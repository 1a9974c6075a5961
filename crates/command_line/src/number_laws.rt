//! The numbers of the code are those of the definitions.

ghost use Rattle.std.specs.Prelude.{◌≡◌};
ghost use Rattle.command_line.specs.Limits.{most_port, most_seed, least_port, least_workers, most_drilled, most_number_digits, most_rounds, most_workers};

use crate::limits::{
    LEAST_PORT, LEAST_WORKERS, MOST_DRILLED, MOST_NUMBER_DIGITS, MOST_PORT, MOST_ROUNDS, MOST_SEED,
    MOST_WORKERS,
};

/// Does nothing: its contract is that each number that the definitions state is the code's.
pub fn defined_numbers()
    ensures most_number_digits { MOST_NUMBER_DIGITS ≡ most_number_digits }
    ensures least_port { LEAST_PORT ≡ least_port }
    ensures most_port { MOST_PORT ≡ most_port }
    ensures least_workers { LEAST_WORKERS ≡ least_workers }
    ensures most_workers { MOST_WORKERS ≡ most_workers }
    ensures most_rounds { MOST_ROUNDS ≡ most_rounds }
    ensures most_seed { MOST_SEED ≡ most_seed }
    ensures most_drilled { MOST_DRILLED ≡ most_drilled }
{}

(Your objective) Print the lines of the entries, exactly, from the one containing "MOST_SEED ≡ most_seed" down to the final line, and leave out all the others.

(Answer to the problem)
    ensures most_seed { MOST_SEED ≡ most_seed }
    ensures most_drilled { MOST_DRILLED ≡ most_drilled }
{}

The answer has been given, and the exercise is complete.